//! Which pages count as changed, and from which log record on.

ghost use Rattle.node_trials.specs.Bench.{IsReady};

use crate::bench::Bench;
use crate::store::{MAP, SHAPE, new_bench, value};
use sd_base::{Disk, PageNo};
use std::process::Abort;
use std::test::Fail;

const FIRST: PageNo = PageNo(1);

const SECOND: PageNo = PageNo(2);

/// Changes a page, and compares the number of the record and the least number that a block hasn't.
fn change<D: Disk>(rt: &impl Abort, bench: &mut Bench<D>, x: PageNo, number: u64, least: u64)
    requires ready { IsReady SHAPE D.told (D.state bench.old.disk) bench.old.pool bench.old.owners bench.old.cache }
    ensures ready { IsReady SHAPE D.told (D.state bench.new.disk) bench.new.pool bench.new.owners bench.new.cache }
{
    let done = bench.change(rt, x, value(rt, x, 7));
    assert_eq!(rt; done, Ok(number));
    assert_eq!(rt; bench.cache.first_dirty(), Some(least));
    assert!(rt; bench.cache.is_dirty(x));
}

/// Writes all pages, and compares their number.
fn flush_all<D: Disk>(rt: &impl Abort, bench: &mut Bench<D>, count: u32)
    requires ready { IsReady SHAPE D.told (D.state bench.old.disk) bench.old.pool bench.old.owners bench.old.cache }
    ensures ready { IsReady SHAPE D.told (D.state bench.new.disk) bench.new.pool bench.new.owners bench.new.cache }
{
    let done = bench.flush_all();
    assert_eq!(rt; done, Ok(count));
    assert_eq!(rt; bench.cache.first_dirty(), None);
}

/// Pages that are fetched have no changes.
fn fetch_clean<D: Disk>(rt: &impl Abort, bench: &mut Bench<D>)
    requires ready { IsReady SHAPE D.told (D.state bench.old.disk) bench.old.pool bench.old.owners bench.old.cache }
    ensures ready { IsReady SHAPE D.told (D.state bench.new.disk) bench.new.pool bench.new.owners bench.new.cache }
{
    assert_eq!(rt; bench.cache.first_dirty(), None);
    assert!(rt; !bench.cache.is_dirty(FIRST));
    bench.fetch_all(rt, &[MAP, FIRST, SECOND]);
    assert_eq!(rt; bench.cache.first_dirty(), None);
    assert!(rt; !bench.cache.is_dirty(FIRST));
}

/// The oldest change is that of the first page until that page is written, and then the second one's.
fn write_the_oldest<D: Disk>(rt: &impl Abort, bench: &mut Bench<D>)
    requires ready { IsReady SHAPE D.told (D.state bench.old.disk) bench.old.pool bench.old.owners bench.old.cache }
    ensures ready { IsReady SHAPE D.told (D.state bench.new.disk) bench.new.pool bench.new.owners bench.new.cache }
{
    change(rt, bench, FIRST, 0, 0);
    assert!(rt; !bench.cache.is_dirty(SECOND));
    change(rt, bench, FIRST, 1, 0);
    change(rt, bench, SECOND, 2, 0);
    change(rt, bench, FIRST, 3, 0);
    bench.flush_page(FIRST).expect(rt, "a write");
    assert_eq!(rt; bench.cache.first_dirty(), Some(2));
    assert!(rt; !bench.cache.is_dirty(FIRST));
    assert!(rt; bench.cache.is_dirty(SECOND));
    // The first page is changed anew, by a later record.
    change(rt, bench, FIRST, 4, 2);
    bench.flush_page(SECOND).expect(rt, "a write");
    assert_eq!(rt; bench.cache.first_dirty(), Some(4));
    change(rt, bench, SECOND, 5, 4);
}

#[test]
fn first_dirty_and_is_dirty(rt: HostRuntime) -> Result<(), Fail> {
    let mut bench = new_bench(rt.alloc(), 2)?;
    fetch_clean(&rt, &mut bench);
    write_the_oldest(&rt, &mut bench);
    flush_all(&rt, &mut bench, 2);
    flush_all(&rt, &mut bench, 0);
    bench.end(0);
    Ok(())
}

---

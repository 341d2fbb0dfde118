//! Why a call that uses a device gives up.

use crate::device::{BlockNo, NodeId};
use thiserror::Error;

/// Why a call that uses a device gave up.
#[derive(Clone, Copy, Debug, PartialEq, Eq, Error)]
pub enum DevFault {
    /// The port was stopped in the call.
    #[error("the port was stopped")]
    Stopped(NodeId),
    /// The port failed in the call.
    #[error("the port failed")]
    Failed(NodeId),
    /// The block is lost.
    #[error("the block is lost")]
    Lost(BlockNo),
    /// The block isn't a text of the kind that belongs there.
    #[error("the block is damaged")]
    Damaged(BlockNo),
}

Try it:
Tell how many lines in the material contain the word "const". Only the number is wanted.

Solution to this problem:
2